▶ **Prompt**: What lines in the material hold the string "effects"? Copy out each of them.

[Start of section]

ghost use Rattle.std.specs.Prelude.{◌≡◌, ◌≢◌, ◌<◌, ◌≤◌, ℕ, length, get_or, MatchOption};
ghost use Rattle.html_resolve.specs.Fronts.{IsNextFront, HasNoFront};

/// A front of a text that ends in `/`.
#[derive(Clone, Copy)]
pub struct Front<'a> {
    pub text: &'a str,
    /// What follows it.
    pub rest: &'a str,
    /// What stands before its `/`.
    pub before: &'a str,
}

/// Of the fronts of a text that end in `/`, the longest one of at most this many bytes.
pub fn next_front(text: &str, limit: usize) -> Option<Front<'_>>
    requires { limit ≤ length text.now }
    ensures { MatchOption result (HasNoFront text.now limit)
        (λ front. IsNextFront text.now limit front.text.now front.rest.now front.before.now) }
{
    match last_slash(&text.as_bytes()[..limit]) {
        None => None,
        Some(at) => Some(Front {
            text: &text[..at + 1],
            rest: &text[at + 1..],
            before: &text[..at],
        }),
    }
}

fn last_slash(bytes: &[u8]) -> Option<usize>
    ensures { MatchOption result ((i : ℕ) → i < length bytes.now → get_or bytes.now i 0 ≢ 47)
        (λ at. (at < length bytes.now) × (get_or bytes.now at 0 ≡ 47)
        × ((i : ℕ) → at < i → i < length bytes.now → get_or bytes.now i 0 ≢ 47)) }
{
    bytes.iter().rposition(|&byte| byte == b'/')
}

[End of section]
[Start of section]

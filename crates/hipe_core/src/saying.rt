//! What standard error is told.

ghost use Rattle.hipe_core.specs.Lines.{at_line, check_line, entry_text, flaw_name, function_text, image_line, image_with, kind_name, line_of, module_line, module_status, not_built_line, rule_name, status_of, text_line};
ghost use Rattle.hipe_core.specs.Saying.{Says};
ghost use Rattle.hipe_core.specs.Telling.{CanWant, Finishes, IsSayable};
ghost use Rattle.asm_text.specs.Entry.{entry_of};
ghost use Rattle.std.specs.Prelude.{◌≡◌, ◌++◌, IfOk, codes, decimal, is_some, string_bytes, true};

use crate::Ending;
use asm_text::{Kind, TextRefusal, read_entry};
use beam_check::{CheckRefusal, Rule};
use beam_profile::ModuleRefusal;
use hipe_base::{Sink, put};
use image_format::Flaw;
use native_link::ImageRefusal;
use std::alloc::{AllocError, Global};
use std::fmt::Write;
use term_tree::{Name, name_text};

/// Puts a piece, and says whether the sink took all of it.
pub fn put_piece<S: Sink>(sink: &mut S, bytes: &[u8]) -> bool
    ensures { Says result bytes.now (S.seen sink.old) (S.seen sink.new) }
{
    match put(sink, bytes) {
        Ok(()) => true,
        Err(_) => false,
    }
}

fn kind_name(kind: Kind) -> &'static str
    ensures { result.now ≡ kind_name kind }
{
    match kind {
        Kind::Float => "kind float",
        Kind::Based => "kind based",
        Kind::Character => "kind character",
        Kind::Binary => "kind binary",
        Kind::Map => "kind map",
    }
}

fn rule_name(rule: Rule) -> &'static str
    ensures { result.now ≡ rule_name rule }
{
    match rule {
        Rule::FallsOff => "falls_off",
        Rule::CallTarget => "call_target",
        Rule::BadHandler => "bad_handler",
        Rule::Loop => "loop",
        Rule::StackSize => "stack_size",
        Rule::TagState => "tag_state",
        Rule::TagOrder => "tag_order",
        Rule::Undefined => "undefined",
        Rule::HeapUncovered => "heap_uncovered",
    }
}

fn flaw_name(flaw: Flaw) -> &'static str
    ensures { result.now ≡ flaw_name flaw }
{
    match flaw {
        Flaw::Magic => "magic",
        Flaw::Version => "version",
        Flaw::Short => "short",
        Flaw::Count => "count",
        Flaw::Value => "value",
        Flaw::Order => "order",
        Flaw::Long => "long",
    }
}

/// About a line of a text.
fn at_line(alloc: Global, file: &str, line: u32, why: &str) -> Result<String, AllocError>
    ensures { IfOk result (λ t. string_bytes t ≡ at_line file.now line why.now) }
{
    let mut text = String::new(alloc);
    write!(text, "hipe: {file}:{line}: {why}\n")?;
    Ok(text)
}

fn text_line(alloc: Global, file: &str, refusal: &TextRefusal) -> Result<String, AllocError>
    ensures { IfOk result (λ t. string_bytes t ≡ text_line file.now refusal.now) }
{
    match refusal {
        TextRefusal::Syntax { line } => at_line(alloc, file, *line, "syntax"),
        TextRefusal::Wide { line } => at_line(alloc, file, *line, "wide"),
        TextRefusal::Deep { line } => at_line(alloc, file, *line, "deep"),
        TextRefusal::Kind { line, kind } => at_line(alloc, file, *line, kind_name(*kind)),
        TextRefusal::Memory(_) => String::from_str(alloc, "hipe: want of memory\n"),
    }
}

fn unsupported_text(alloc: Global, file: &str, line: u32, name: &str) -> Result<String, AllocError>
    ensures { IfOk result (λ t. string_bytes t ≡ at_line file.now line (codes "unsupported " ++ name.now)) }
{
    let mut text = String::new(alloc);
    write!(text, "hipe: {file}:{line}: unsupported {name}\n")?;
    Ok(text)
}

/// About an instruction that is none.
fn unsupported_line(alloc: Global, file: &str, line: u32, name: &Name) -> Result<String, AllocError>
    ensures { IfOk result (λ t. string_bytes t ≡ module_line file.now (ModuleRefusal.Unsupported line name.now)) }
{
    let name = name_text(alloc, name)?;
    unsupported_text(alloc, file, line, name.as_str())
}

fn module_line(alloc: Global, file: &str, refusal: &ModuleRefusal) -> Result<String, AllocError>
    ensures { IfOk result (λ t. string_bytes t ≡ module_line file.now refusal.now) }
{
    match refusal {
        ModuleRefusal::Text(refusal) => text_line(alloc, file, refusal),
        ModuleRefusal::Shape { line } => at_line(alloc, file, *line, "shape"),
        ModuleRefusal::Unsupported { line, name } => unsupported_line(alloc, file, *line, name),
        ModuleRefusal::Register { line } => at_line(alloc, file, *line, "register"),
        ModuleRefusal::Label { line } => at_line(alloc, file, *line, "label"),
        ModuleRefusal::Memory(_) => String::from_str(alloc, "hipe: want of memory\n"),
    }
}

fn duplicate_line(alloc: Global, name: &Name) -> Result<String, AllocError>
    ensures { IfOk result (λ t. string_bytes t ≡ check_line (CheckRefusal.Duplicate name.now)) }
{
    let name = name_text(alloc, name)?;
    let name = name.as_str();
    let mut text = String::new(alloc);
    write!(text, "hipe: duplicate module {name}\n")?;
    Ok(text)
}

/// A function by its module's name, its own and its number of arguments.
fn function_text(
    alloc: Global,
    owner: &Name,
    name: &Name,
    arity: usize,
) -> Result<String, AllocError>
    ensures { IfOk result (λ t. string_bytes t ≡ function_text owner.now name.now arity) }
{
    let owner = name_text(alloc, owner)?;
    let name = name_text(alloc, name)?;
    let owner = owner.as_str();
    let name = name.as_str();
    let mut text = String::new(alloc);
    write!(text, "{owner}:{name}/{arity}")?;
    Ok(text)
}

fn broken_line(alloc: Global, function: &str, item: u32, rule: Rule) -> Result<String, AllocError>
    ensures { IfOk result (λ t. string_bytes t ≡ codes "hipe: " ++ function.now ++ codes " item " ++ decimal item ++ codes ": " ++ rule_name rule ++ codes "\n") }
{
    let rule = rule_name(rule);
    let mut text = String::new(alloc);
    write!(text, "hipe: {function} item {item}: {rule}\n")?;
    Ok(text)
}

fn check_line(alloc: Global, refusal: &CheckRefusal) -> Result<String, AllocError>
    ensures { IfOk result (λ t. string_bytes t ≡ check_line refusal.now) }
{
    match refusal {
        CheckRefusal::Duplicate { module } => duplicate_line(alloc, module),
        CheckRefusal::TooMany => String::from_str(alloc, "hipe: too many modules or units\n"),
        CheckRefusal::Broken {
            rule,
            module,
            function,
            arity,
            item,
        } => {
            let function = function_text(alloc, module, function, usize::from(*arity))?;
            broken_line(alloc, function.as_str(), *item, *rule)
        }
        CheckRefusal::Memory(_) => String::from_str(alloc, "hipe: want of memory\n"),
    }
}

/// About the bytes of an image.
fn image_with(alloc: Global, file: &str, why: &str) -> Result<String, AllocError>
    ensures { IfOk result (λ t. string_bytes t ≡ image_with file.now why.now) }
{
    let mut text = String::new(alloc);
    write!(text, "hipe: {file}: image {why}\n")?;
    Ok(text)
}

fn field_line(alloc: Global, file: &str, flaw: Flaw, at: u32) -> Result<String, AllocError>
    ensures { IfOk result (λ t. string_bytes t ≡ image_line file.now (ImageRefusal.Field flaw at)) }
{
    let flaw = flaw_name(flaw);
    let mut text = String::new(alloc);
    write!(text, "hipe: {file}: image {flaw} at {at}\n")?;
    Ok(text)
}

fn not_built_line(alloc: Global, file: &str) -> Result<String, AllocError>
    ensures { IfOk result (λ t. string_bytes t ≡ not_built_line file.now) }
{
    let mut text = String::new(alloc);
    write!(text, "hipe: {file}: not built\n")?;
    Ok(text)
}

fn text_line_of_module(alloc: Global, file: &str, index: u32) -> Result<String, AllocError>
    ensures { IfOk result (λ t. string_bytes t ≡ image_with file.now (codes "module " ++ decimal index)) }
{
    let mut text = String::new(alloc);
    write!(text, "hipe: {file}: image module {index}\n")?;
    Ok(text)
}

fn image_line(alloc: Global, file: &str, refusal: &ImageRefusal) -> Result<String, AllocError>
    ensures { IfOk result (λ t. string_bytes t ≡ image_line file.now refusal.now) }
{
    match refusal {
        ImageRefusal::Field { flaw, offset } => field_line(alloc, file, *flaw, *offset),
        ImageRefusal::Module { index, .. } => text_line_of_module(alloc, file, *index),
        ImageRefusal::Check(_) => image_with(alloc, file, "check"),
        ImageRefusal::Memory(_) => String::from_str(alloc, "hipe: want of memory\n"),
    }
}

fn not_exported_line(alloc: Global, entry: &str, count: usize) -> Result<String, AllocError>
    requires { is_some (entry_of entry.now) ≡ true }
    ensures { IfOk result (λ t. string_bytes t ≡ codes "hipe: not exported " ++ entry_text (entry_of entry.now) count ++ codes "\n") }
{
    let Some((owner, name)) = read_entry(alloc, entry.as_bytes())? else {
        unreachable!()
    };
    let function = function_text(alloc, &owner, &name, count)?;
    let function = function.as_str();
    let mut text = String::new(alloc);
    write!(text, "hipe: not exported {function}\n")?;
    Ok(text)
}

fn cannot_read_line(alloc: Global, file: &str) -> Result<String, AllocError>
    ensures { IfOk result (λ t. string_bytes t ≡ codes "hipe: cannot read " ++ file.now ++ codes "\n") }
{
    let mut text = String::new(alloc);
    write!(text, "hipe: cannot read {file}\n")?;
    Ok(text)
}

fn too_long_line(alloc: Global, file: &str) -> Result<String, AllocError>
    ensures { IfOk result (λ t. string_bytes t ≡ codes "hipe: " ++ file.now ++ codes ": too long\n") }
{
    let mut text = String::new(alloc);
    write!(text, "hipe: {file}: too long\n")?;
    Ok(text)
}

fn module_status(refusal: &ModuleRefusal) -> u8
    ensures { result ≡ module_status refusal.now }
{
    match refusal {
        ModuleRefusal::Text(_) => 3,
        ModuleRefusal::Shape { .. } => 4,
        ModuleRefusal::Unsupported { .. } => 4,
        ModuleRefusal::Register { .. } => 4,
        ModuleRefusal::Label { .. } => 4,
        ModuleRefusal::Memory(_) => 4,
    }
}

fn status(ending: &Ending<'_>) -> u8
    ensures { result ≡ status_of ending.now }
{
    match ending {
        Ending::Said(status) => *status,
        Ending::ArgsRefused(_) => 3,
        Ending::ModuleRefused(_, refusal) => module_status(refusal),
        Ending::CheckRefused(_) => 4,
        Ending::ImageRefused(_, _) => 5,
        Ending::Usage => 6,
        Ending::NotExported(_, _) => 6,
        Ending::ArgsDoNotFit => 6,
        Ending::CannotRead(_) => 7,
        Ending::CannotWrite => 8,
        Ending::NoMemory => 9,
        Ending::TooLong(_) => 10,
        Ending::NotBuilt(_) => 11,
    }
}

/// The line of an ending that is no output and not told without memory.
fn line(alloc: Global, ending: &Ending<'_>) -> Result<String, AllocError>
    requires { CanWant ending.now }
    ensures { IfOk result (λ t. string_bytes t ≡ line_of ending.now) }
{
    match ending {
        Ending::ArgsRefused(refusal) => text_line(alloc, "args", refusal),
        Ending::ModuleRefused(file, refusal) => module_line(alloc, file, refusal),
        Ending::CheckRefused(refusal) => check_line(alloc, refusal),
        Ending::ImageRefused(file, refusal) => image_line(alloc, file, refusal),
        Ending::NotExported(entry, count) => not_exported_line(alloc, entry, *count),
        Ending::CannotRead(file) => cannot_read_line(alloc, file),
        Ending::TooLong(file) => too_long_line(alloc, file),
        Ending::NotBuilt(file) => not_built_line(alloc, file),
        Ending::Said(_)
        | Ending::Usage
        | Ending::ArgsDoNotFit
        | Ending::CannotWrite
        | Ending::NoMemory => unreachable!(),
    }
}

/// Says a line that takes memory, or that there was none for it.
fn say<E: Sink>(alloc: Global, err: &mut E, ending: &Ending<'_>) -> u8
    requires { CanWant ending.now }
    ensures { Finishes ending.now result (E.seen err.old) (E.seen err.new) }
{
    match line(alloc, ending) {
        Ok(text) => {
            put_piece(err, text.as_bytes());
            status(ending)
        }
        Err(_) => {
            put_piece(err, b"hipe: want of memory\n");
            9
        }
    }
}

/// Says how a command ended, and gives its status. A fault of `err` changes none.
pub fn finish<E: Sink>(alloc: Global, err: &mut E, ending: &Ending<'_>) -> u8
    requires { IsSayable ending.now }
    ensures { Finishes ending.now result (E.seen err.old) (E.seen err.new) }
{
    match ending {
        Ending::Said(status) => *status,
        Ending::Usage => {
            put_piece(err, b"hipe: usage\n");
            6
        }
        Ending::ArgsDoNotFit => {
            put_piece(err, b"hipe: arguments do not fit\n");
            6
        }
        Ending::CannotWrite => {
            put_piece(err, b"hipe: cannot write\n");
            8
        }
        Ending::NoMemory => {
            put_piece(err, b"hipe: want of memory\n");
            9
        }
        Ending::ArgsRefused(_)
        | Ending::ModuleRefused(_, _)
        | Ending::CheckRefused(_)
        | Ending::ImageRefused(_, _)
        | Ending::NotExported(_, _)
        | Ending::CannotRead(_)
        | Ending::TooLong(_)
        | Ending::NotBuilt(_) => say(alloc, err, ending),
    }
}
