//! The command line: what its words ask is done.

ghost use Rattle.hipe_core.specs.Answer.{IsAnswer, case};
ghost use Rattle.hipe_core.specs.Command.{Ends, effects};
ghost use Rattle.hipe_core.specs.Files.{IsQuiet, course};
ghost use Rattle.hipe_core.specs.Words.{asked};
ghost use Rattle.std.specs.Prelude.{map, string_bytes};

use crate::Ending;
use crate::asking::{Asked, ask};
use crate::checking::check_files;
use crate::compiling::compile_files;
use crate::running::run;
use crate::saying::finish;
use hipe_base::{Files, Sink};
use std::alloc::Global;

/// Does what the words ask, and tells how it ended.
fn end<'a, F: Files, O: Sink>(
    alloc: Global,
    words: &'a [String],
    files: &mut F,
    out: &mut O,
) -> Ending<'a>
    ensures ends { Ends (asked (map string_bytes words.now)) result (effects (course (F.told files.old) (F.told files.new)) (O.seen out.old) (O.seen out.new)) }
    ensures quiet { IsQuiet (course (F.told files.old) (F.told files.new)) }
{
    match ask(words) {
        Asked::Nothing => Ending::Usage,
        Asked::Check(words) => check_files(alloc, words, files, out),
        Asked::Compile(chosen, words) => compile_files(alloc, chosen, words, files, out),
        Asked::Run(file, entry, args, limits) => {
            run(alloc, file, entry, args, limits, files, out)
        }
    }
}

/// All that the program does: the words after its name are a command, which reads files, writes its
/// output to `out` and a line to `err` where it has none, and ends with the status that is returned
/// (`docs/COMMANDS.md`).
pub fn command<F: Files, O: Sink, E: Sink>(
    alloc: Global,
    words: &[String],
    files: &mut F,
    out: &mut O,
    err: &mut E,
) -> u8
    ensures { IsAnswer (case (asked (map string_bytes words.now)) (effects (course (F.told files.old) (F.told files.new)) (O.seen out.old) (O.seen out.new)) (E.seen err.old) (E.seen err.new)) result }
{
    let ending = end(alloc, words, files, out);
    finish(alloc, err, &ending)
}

[End of section]

▶ **Answer box**:
ghost use Rattle.hipe_core.specs.Command.{Ends, effects};
    ensures ends { Ends (asked (map string_bytes words.now)) result (effects (course (F.told files.old) (F.told files.new)) (O.seen out.old) (O.seen out.new)) }
    ensures { IsAnswer (case (asked (map string_bytes words.now)) (effects (course (F.told files.old) (F.told files.new)) (O.seen out.old) (O.seen out.new)) (E.seen err.old) (E.seen err.new)) result }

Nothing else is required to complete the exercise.